|Nostalgia (in large format) work in progress 24 x 38|
This week I'm tackling full sheet painting. I'm working on a large version of the 6x6 I have in the Randy Higbee exhibit. I will admit I've been slightly intimidated with the size of it. Even the preparation for working at this size was more complicated. I stretch my paper, so the first step to this process was buying a half sheet of plywood. Once I had that polyurethaned both sides I was able to stretch my paper. I work out of my dining room and a half sheet of plywood is pretty much all encompassing. I could cut down the plywood, but I may want to do some even larger paintings so at the moment I'm leaving it as it. I am going to back up and tell you how I stretch my paper because I had a conversation with another watercolor artist last week and learned that we do things very differently. I wet my paper completely both sides in the shower. I just turn on the shower and hold it in the stream for a few minutes manipulating it to make sure the entire thing gets wet. I then lay this flat on my board and staple around the entire paper about 1/2" from the edge and about every 2 inches or so. After this dries, and it always looks scary during the drying process, full of waves, and every time I think that is not going to dry flat and it always does. It takes about a day to dry.

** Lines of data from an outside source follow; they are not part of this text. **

//! The program: the commands over standard input and output, disks in memory, and a gate that holds nobody.
#![tactic(auto)]

ghost use Rattle.std.specs.Prelude.{◌≡◌, IfOk, drop, map, string_bytes};
ghost use Rattle.std.specs.Process.{exit_status};
ghost use Rattle.acc_command_alone.specs.Ends.{code_of};

use acc_base::{OutOfMemory, Sequence, Text};
use acc_command::accord;
use acc_command_alone::{Remains, Status};
use acc_ports::{MemMaker, OpenGate, StdSink, StdSource};
use std::alloc::Global;
use std::env::Env;
use std::process::ExitCode;
use std::{env, io, mem};

/// A word as a text.
fn text_of(alloc: Global, word: &String) -> Result<Text, OutOfMemory>
    ensures { IfOk result (λ text. text ≡ string_bytes word.now) }
{
    Sequence::from_slice(alloc, word.as_bytes())
}

/// Words as texts, in their order.
fn texts_of(alloc: Global, words: &[String]) -> Result<Sequence<Text>, OutOfMemory>
    ensures { IfOk result (λ texts. texts ≡ map string_bytes words.now) }
{
    let mut texts = Sequence::new(alloc);
    for word in words {
        texts.push(text_of(alloc, word)?)?;
    }
    Ok(texts)
}

/// The words after the first, which is the program's name.
fn behind_name(alloc: Global, args: &[String]) -> Result<Sequence<Text>, OutOfMemory>
    ensures { IfOk result (λ words. words ≡ map string_bytes (drop 1 args.now)) }
{
    match args.split_first() {
        Some((_, rest)) => texts_of(alloc, rest),
        None => Ok(Sequence::new(alloc)),
    }
}

/// The words of the command line. A word that isn't UTF-8 is none that is defined, so it gives no words at all, which are
/// refused as well.
fn words<R: Env + AllocGlobal>(rt: &R) -> Result<Sequence<Text>, OutOfMemory> {
    let alloc = rt.alloc();
    let args: Vec<String> = match env::args(rt) {
        Ok(args) => args.collect(alloc)?,
        Err(error) if error.kind() == io::ErrorKind::OutOfMemory => return Err(OutOfMemory),
        Err(_) => Vec::new(alloc),
    };
    behind_name(alloc, args.as_slice())
}

/// The exit code that tells a status.
fn exit_code(status: Status) -> ExitCode
    ensures { exit_status result ≡ code_of status }
{
    ExitCode::from(status.code())
}

/// Runs the command that the words name.
fn main(rt: HostRuntime) -> ExitCode {
    let mut source = StdSource::new(&rt);
    let mut sink = StdSink::new(&rt);
    let mut disks = MemMaker::new(rt.alloc());
    let mut remains = Remains::new(rt.alloc());
    let status = match words(&rt) {
        Ok(words) => accord(
            &rt,
            words.as_slice(),
            &mut source,
            &mut sink,
            &mut disks,
            &OpenGate,
            &mut remains,
        ),
        Err(OutOfMemory) => Status::OutOfMemory,
    };
    // The process ends here, and its memory goes back at once.
    mem::forget(remains);
    exit_code(status)
}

|my stretched paper on my very large board|
During this time I work out my drawing on another sheet of paper. I do my drawing to scale and after my paper is completely dry I transfer it using graphite paper. I make my own graphite paper. I learned this from a fellow artist during a workshop. Take a sheet of tracing paper, cover it entirely with graphite using a graphite stick (not a fun job) after it is completely covered wipe it down with a paper towel damp with rubbing alcohol or lighter fluid. I have used both and find rubbing alcohol to work better. After you've wiped it down, take a cloth or paper towel and rub it down again to get the residual graphite off of the paper. The paper becomes almost impregnated with the graphite. It works very well. I think it is worth making your own because any store bought paper I've used leaves a lot of heavy graphite on the watercolor paper while you're transferring the drawing. I like a light pencil line.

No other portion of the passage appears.